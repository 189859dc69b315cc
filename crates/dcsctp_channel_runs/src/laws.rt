//! The laws of this crate.

ghost use Rattle.dcsctp_channel_runs.specs.Runs.{ChannelsRunSockets};

use dcsctp_channel_calls::channel_messages::channel_spec::contents_read_back;
use dcsctp_channel_calls::channel_messages::opens_read_back;
use dcsctp_delivery_sockets::users_read_what_was_sent;
use dcsctp_spec_runs::sockets_keep_options;

/// What two ends with channels do is what two sockets do, over every schedule that loses, repeats, delays and reorders
/// packets. So what is promised of sockets holds of channels.
///
/// A channel that one end reports as incoming was opened by the other's user, with this label, protocol and rules, and
/// two that come in were opened as two (RFC 8832, section 6). It carries what is sent on it, both ways: each message that
/// is read on it was sent on it, once. But a stream may be given to one channel after another (RFC 8831, section 6.7). So
/// a message may have been sent on another channel while this one had no stream at the sender: before it was opened, or
/// after it was closed. There is none such while no channel of the sender is closed. What is read on channels that both
/// ends agreed on was sent on channels.
///
/// That has the premises of `users_read_what_was_sent`: no tag is drawn twice, each serves one association, or with
/// `follow_rfc` one takes the place of another, and not too much is sent.
///
/// What is read on a channel comes in the order in which it was sent, if besides both sockets keep order (`AllowsOrder`:
/// with interleaving, streams may be reset), no message is sent unordered, and all is read in one association. Then the
/// other end has read on a channel nothing but what was sent on it, while the channel isn't closed at the end that opened
/// it, whatever channels its stream had before.
///
/// - `hands_on`: an end drops nothing that it reads for an open channel. What it has reported on a channel of the peer is
///   each message of a user that it has read on the stream since the channel's OPEN.
/// - `by_rules`: on an ordered channel what was sent on it is read in order, also where other channels are unordered, if
///   none that had its stream before is.
/// - `whole`: if that channel is reliable, too, messages interleave, and the sender had one own tag, what is read on it is
///   a prefix of what was sent on it. The reading socket must have known the stream whenever it had an association.
pub fn channels_run_sockets()
    ensures { ChannelsRunSockets }
{
    users_read_what_was_sent();
    sockets_keep_options();
    opens_read_back();
    contents_read_back();
}
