//! Place keys, their names and their order.
use order::{FoldedPlaceOrder, Key, NoName, Order, PlaceName};
use std::cmp::Ordering;
use std::test::Fail;

// The key of the place that has a name.
fn place_key(name: &[u8]) -> Result<Key, NoName> {
    PlaceName::try_from(name).map(Key::from)
}

#[test]
fn lengths_of_names(rt: HostRuntime) {
    assert!(rt; place_key(b"").is_err());
    assert!(rt; place_key(b"A").is_ok());
    assert!(rt; place_key(b"ABCDEFGHIJKLMNOP").is_ok());
    assert!(rt; place_key(b"ABCDEFGHIJKLMNOPQ").is_err());
}

#[test]
fn bytes_of_names(rt: HostRuntime) {
    assert!(rt; place_key(&[65, 32]).is_err());
    assert!(rt; place_key(&[65, 33]).is_ok());
    assert!(rt; place_key(&[65, 126]).is_ok());
    assert!(rt; place_key(&[65, 127]).is_err());
    assert!(rt; place_key(&[65, 255]).is_err());
    assert!(rt; place_key(&[65, 0, 65]).is_err());
}

#[test]
fn words_that_are_places(rt: HostRuntime) {
    assert!(rt;
        FoldedPlaceOrder::is_key(Key {
            hi: 0x4100_0000_0000_0000,
            lo: 0,
        })
    );
    assert!(rt;
        !FoldedPlaceOrder::is_key(Key {
            hi: 0x4100_4100_0000_0000,
            lo: 0,
        })
    );
    assert!(rt; !FoldedPlaceOrder::is_key(Key { hi: 0, lo: 0 }));
}

#[test]
fn a_name_comes_back_from_its_key(rt: HostRuntime) -> Result<(), Fail> {
    let key = place_key(b"ABCDEFGHI")?;
    assert_eq!(rt; key.hi, 0x4142_4344_4546_4748);
    assert_eq!(rt; key.lo, 0x4900_0000_0000_0000);
    let name = PlaceName::try_from(key)?;
    assert_eq!(rt; name.bytes(), b"ABCDEFGHI".as_slice());
    Ok(())
}

#[test]
fn case_does_not_count(rt: HostRuntime) -> Result<(), Fail> {
    let lower = place_key(b"pit7")?;
    let upper = place_key(b"PIT7")?;
    assert_eq!(rt; FoldedPlaceOrder::compare(lower, upper), Ordering::Equal);
    Ok(())
}

#[test]
fn letters_in_order(rt: HostRuntime) -> Result<(), Fail> {
    let small_a = place_key(b"a")?;
    let great_a = place_key(b"A")?;
    let small_b = place_key(b"b")?;
    assert_eq!(rt; FoldedPlaceOrder::compare(small_a, small_b), Ordering::Less);
    assert_eq!(rt; FoldedPlaceOrder::compare(great_a, small_b), Ordering::Less);
    Ok(())
}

---*---

> Exercise instructions
Taking the entries from their first line through the line with "each message that", inclusive, restate each line word for word and give nothing else.

> Result of the exercise
repository 189859dc69b315cc
filename crates/dcsctp_channel_runs/src/laws.rt
//! The laws of this crate.

ghost use Rattle.dcsctp_channel_runs.specs.Runs.{ChannelsRunSockets};

use dcsctp_channel_calls::channel_messages::channel_spec::contents_read_back;
use dcsctp_channel_calls::channel_messages::opens_read_back;
use dcsctp_delivery_sockets::users_read_what_was_sent;
use dcsctp_spec_runs::sockets_keep_options;

/// What two ends with channels do is what two sockets do, over every schedule that loses, repeats, delays and reorders
/// packets. So what is promised of sockets holds of channels.
///
/// A channel that one end reports as incoming was opened by the other's user, with this label, protocol and rules, and
/// two that come in were opened as two (RFC 8832, section 6). It carries what is sent on it, both ways: each message that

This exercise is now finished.